I headed inside without another word, slipping up the carpeted back steps and down the long hallway past Eva’s room and the shrine that had been Lina’s, to mine, which sat across from Anne’s.

Then I showered off the salt and shock and tried like hell to scrub any thought of Hudson off me. My skin was more than wrinkled by the time I finished and dressed in simple leggings and a lightweight sweater, ignoring all the trendy items Anne had packed for me. It wasn’t like I had to impress anyone here.

The sound of a knife meeting the cutting board repeatedly greeted me as I walked into the professional-grade kitchen.

Anne had ditched the matching jacket to her navy blue sheath dress and was chopping the hell out of a bag of carrots. Something at her meeting had gone very wrong.

Barefoot, I padded across the hardwood floor to the refrigerator, then pulled out two bottles of Smartwater and slid into the middle of eight high-backed barstools that sat along the white marble island.

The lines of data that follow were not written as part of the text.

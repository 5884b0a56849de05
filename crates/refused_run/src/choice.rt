//! What the dies of a run do where they may do several things.

use crate::other_work::OtherWork;
use std::fmt;

/// What a die does before a word and in it, where it may do several things.
#[derive(Clone, Copy, Debug, PartialEq, Eq)]
pub enum Act {
    /// The word comes. Before it the LUN may become ready, with failure or without; a poll brings this status.
    Come { ready: Option<bool>, status: u8 },
    /// Another LUN has the bus first.
    Other(OtherWork),
}

impl Default for Act {
    /// The word comes, and a poll of it brings no bit.
    fn default() -> Act {
        Act::Come {
            ready: None,
            status: 0,
        }
    }
}

/// What was chosen before a word or in it, and isn't what a die mostly does.
#[derive(Clone, Copy, Debug, PartialEq, Eq)]
pub struct Choice {
    pub word: usize,
    pub act: Act,
}

impl fmt::Display for Choice {
    fn fmt<W: fmt::Write>(&self, f: &mut fmt::Formatter<W>) -> fmt::Result {
        let word = self.word;
        match self.act {
            Act::Come {
                ready: Some(true),
                status,
            } => write!(
                f,
                "the poll at word {word} tells of a failure ({status:02x})"
            ),
            Act::Come {
                ready: Some(false),
                status,
            } => write!(f, "the poll at word {word} says ready ({status:02x})"),
            Act::Come {
                ready: None,
                status,
            } => write!(f, "the poll at word {word} says {status:02x}"),
            Act::Other(OtherWork::Erase) => {
                write!(f, "before word {word} LUN 1 begins to erase a block")
            }
            Act::Other(OtherWork::Poll) => {
                write!(f, "before word {word} LUN 1 asks for its status")
            }
            Act::Other(OtherWork::Read) => {
                write!(f, "before word {word} LUN 1 begins to read a page")
            }
        }
    }
}
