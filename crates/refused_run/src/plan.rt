//! Which of its options a run takes.

/// How many times a run takes another option than the first at most.
pub(crate) const MOST_TURNS: usize = 4;

/// At a decision of a run, counted from 0, another option than the first.
#[derive(Clone, Copy, Debug, PartialEq, Eq)]
pub(crate) struct Turn {
    pub decision: usize,
    pub option: usize,
}

/// Where a run takes another option than the first, in the order of its decisions.
#[derive(Clone, Copy, Debug, PartialEq, Eq)]
pub(crate) struct Plan {
    turns: [Turn; MOST_TURNS],
    count: usize,
}

impl Plan {
    /// The first option everywhere.
    pub(crate) const FIRST: Plan = Plan {
        turns: [Turn {
            decision: 0,
            option: 0,
        }; MOST_TURNS],
        count: 0,
    };

    /// The option at a decision.
    pub(crate) fn option_at(&self, decision: usize) -> usize {
        for turn in self.turns.iter().take(self.count) {
            if turn.decision == decision {
                return turn.option;
            }
        }
        0
    }

    /// The decision from which on another turn may be added.
    pub(crate) fn next_decision(&self) -> usize {
        match self.count.checked_sub(1) {
            Some(last) if last < MOST_TURNS => self.turns[last].decision.saturating_add(1),
            Some(_) | None => 0,
        }
    }

    /// With a turn more, if there is room.
    pub(crate) fn with(&self, turn: Turn) -> Option<Plan> {
        if self.count >= MOST_TURNS {
            return None;
        }
        let mut turns = self.turns;
        turns[self.count] = turn;
        Some(Plan {
            turns,
            count: self.count + 1,
        })
    }
}
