// Runs a script of calls from standard input, one after the other on one planner, and prints a line each.
#![tactic(auto)]

mod answers;
mod input;
mod lent;
mod records;

use std::io;
use std::io::{Read, Write};

fn main(rt: HostRuntime) {
    if run(&mut rt.stdin(), &mut rt.stdout()).is_err() {
        let _ = eprintln!(rt; "calls: an answer was not written");
    }
}

// Runs records until the script ends, or an answer was not written.
// A proved loop has to end: no script has so many records.
fn run(script: &mut impl Read, out: &mut impl Write) -> io::Result<()> {
    let mut p = planner::empty();
    for _ in 0..u64::MAX {
        let Some(written) = records::next(script, out, &mut p) else {
            break;
        };
        written?;
    }
    Ok(())
}
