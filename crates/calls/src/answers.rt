// The lines of each call's answer. Each word and number is a write of its own, so that of a line that does not fit what fits is written.
ghost use Rattle.std.specs.Prelude.{◌≤◌, ◌<◌, length};

use crate::lent::{byte_before, cell_before, kept};
use planner::{Charge, Loaded, Refusal, Rejection, Solution};
use room::Figures;
use std::io;
use std::io::Write;

fn hex_digit(d: u8) -> u8
    requires { d < 16 }
{
    if d < 10 { b'0' + d } else { b'a' - 10 + d }
}

// The bytes of an output in hexadecimal, at the front of the digits. Not by a format string for each byte: that takes some twenty times as long.
fn hex<'a>(bytes: &[u8], digits: &'a mut [u8; 8192]) -> &'a [u8]
    requires { length bytes.now ≤ 4096 }
{
    for (i, b) in bytes.iter().enumerate() {
        digits[2 * i] = hex_digit(b / 16);
        digits[2 * i + 1] = hex_digit(b % 16);
    }
    &digits[..2 * bytes.len()]
}

pub(crate) fn of_load(out: &mut impl Write, answer: Result<Loaded, Refusal>) -> io::Result<()> {
    match answer {
        Ok(load) => writeln!(out, "load {} {}", load.relations, load.subqueries),
        Err(refusal) => writeln!(out, "{refusal}"),
    }
}

pub(crate) fn of_link(out: &mut impl Write, answer: Result<(), Refusal>) -> io::Result<()> {
    match answer {
        Ok(()) => writeln!(out, "link"),
        Err(refusal) => writeln!(out, "{refusal}"),
    }
}

// `cells OK` or `cells CHANGED`: whether what must be unchanged is.
fn say_kept(out: &mut impl Write, what: &str, kept: bool) -> io::Result<()> {
    let how = if kept { " OK\n" } else { " CHANGED\n" };
    write!(out, "{what}{how}")
}

// Whether the cells from one on are as they were lent.
fn say_cells(out: &mut impl Write, cells: &[u64], from: usize) -> io::Result<()> {
    say_kept(out, "cells", kept(cells, from, cell_before))
}

// Nothing was written to the output, and the cells from one on stay.
fn say_unwritten(
    out: &mut impl Write,
    cells: &[u64],
    from: usize,
    output: &[u8],
) -> io::Result<()> {
    say_cells(out, cells, from)?;
    say_kept(out, "output", kept(output, 0, byte_before))
}

// The first cell that must be unchanged after a refusal: where the output is too short, as many as are needed were used.
fn first_kept(refusal: Refusal, needed: usize) -> usize {
    match refusal {
        Refusal::ShortOutput => needed,
        _ => 0,
    }
}

// Solve's answer, and whether those of the lent cells and bytes stayed that must: without a refusal the cells past the needed ones.
pub(crate) fn of_solve(
    out: &mut impl Write,
    answer: Result<Solution, Refusal>,
    needed: usize,
    cells: &[u64],
    output: &[u8],
) -> io::Result<()>
    requires { length output.now ≤ 4096 }
{
    match answer {
        Ok(
            Solution::Found {
                cost,
                length,
                trials,
            },
        ) => {
            write!(out, "solved {} {length} {trials} ", cost.0)?;
            out.write_all(hex(output, &mut [0u8; 8192]))?;
            writeln!(out)?;
            say_cells(out, cells, needed)
        }
        Ok(Solution::NoRoute { trials }) => {
            writeln!(out, "no-route {trials}")?;
            say_unwritten(out, cells, needed, output)
        }
        Err(refusal) => {
            writeln!(out, "{refusal}")?;
            say_unwritten(out, cells, first_kept(refusal, needed), output)
        }
    }
}

// The place of a step that is refused stands behind the refusal.
pub(crate) fn of_check(out: &mut impl Write, answer: Result<Charge, Rejection>) -> io::Result<()> {
    match answer {
        Ok(cost) => writeln!(out, "check {}", cost.0),
        Err(Rejection { refusal, place }) => match refusal {
            Refusal::UnknownStep
            | Refusal::LoadedBefore
            | Refusal::SendNotAllowed
            | Refusal::JoinNotAllowed
            | Refusal::WrongEnd => writeln!(out, "{refusal} {place}"),
            _ => writeln!(out, "{refusal}"),
        },
    }
}

pub(crate) fn of_room(out: &mut impl Write, answer: Result<Figures, Refusal>) -> io::Result<()> {
    match answer {
        Ok(room) => writeln!(
            out,
            "room {} {} {}",
            room.subqueries, room.cells, room.trials
        ),
        Err(refusal) => writeln!(out, "{refusal}"),
    }
}
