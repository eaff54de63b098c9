// What is lent to solve: filled before the call, and looked over after it.

// What cell i is filled with.
pub(crate) fn cell_before(i: usize) -> u64 {
    (i as u64).wrapping_mul(2654435761).wrapping_add(12345)
}

// What output byte i is filled with.
pub(crate) fn byte_before(i: usize) -> u8 {
    (i.wrapping_mul(37).wrapping_add(11) % 256) as u8
}

// Fills what is lent. In place: an array by `from_fn` is copied once more.
pub(crate) fn fill<T: Drop, F: Fn(usize) -> T>(lent: &mut [T], before: F)
    requires { F.IsAlwaysCallable before }
{
    for (i, x) in lent.iter_mut().enumerate() {
        *x = before(i);
    }
}

// Whether everything from a place on is as it was filled.
pub(crate) fn kept<T: PartialEq + Drop, F: Fn(usize) -> T>(
    lent: &[T],
    from: usize,
    before: F,
) -> bool
    requires { F.IsAlwaysCallable before }
{
    lent.iter()
        .enumerate()
        .skip(from)
        .all(|(i, x)| *x == before(i))
}
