// One record of a script: the call that it names, and the line that it prints.
// Each function leaves the planner with which the run goes on, and answers whether its answer was written, or None where the script is cut. (Handed back
// in the answer, the planner would be copied for each Result and Option around it.)
// None of them is laid into `next`: what one needs of the stack the others are not to take.
use crate::{answers, input, lent};
use planner::{After, Loaded, Planner};
use std::io;
use std::io::{Read, Write};

// The next record; one that is unknown ends the run as well.
// Its number is a byte of the script that stands here and nowhere else: an enum would only say each twice.
// The loads go in as closures: by its name alone, the check does not see the contract of another crate's function.
pub(crate) fn next(
    script: &mut impl Read,
    out: &mut impl Write,
    p: &mut Planner,
) -> Option<io::Result<()>> {
    let [kind]: [u8; 1] = input::bytes(script)?;
    match kind {
        1 => load(script, out, p, |p, file| planner::load(p, file)),
        2 => link(script, out, p),
        5 => check(script, out, p),
        6 => solve(script, out, p),
        7 => load(script, out, p, |p, file| planner::load_rows(p, file)),
        8 => room(script, out),
        _ => None,
    }
}

// 1 load and 7 load from rows: u16 length, bytes.
#[inline(never)]
fn load<F: Fn(Planner, &[u8]) -> After<Loaded>>(
    script: &mut impl Read,
    out: &mut impl Write,
    p: &mut Planner,
    call: F,
) -> Option<io::Result<()>>
    requires { F.IsAlwaysCallable call }
{
    let mut buffer = [0u8; 65536];
    let after = call(*p, input::counted(script, &mut buffer)?);
    *p = after.planner;
    Some(answers::of_load(out, after.answer))
}

// 2 link: sender, receiver, open, fixed, rate as five u64.
#[inline(never)]
fn link(script: &mut impl Read, out: &mut impl Write, p: &mut Planner) -> Option<io::Result<()>> {
    let sender = input::number(script)?;
    let receiver = input::number(script)?;
    let opened = input::number(script)?;
    let fixed = input::number(script)?;
    let rate = input::number(script)?;
    let after = planner::link(*p, sender, receiver, opened, fixed, rate);
    *p = after.planner;
    Some(answers::of_link(out, after.answer))
}

// 5 check: u16 length, plan bytes.
#[inline(never)]
fn check(script: &mut impl Read, out: &mut impl Write, p: &Planner) -> Option<io::Result<()>> {
    let mut buffer = [0u8; 65536];
    let answer = planner::check(*p, input::counted(script, &mut buffer)?);
    Some(answers::of_check(out, answer))
}

// 6 solve: u32 number of cells lent, at most 8,192; u32 length of the output lent, at most 4,096.
#[inline(never)]
fn solve(script: &mut impl Read, out: &mut impl Write, p: &Planner) -> Option<io::Result<()>> {
    let n = (input::word(script)? as usize).min(8192);
    let m = (input::word(script)? as usize).min(4096);
    let mut most_cells = [0u64; 8192];
    let mut most_output = [0u8; 4096];
    lent::fill(&mut most_cells, lent::cell_before);
    lent::fill(&mut most_output, lent::byte_before);
    let cells = &mut most_cells[..n];
    let output = &mut most_output[..m];
    let answer = planner::solve(*p, cells, output);
    let needed = planner::cells_needed(*p);
    Some(answers::of_solve(out, answer, needed, cells, output))
}

// 8 room: n and s as two u64, u16 length, join bytes. It takes no planner.
// The buffer stands first: made behind a `?` it would be cleared twice.
#[inline(never)]
fn room(script: &mut impl Read, out: &mut impl Write) -> Option<io::Result<()>> {
    let mut buffer = [0u8; 65536];
    let n = input::number(script)?;
    let s = input::number(script)?;
    let answer = room::room(n, s, input::counted(script, &mut buffer)?);
    Some(answers::of_room(out, answer))
}
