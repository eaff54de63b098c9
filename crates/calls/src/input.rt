// What the script holds, little-endian, read as it comes: None where it is cut.
use std::io::Read;

// The next N bytes.
pub(crate) fn bytes<const N: usize>(script: &mut impl Read) -> Option<[u8; N]> {
    let mut read = [0u8; N];
    script.read_exact(&mut read).ok()?;
    Some(read)
}

// u32
pub(crate) fn word(script: &mut impl Read) -> Option<u32> {
    Some(u32::from_le_bytes(bytes(script)?))
}

// u64
pub(crate) fn number(script: &mut impl Read) -> Option<u64> {
    Some(u64::from_le_bytes(bytes(script)?))
}

// u16 length, bytes: the front of the buffer, into which they are read.
pub(crate) fn counted<'a>(script: &mut impl Read, buffer: &'a mut [u8; 65536]) -> Option<&'a [u8]> {
    let length = u16::from_le_bytes(bytes(script)?);
    let front = &mut buffer[..usize::from(length)];
    script.read_exact(front).ok()?;
    Some(front)
}
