//! Traces of benches: a bench under a run of ready bits and orders of its processes makes a trace, by the meaning of the bench.
//! `specs/Traces.antt` says which trace. `bench_trace` makes its text row by row, so that no row is kept. It says how long the text is before
//! any part is written. `traces_of_benches` is the law that this is a trace, in which each stream shows its signals after each edge. It also
//! says that the orders of the processes do not matter. The crate stands on `vhdl_meaning`, which has the meaning of a bench and simulates
//! it, and on `trace_pieces`, which writes the rows.
#![tactic(auto)]

mod bench_rows;
mod feeding;
mod laws;
mod tracing;
mod turn;
mod turning;

pub use bench_rows::BenchRows;
pub use laws::traces_of_benches;
pub use tracing::{BenchTrace, bench_trace};
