//! Rows of `watch`. The monitor stands in the file `m` and the trace in `t`.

I twisted open a bottle, then waited for her to pause her vegetable massacre before sliding it across the expanse.

She caught it with her left hand and put down the knife with her right. “Thanks.”

“How was your meeting?” I asked, cracking open my own bottle.

“Finn wants the brownstone and said I could have everything else.” She glanced away a second too late to hide the shimmer of tears in her eyes. “So my attorney thinks it went swimmingly well. I’ll leave the marriage financially better off than I came into it, which is a win for some people, I guess.”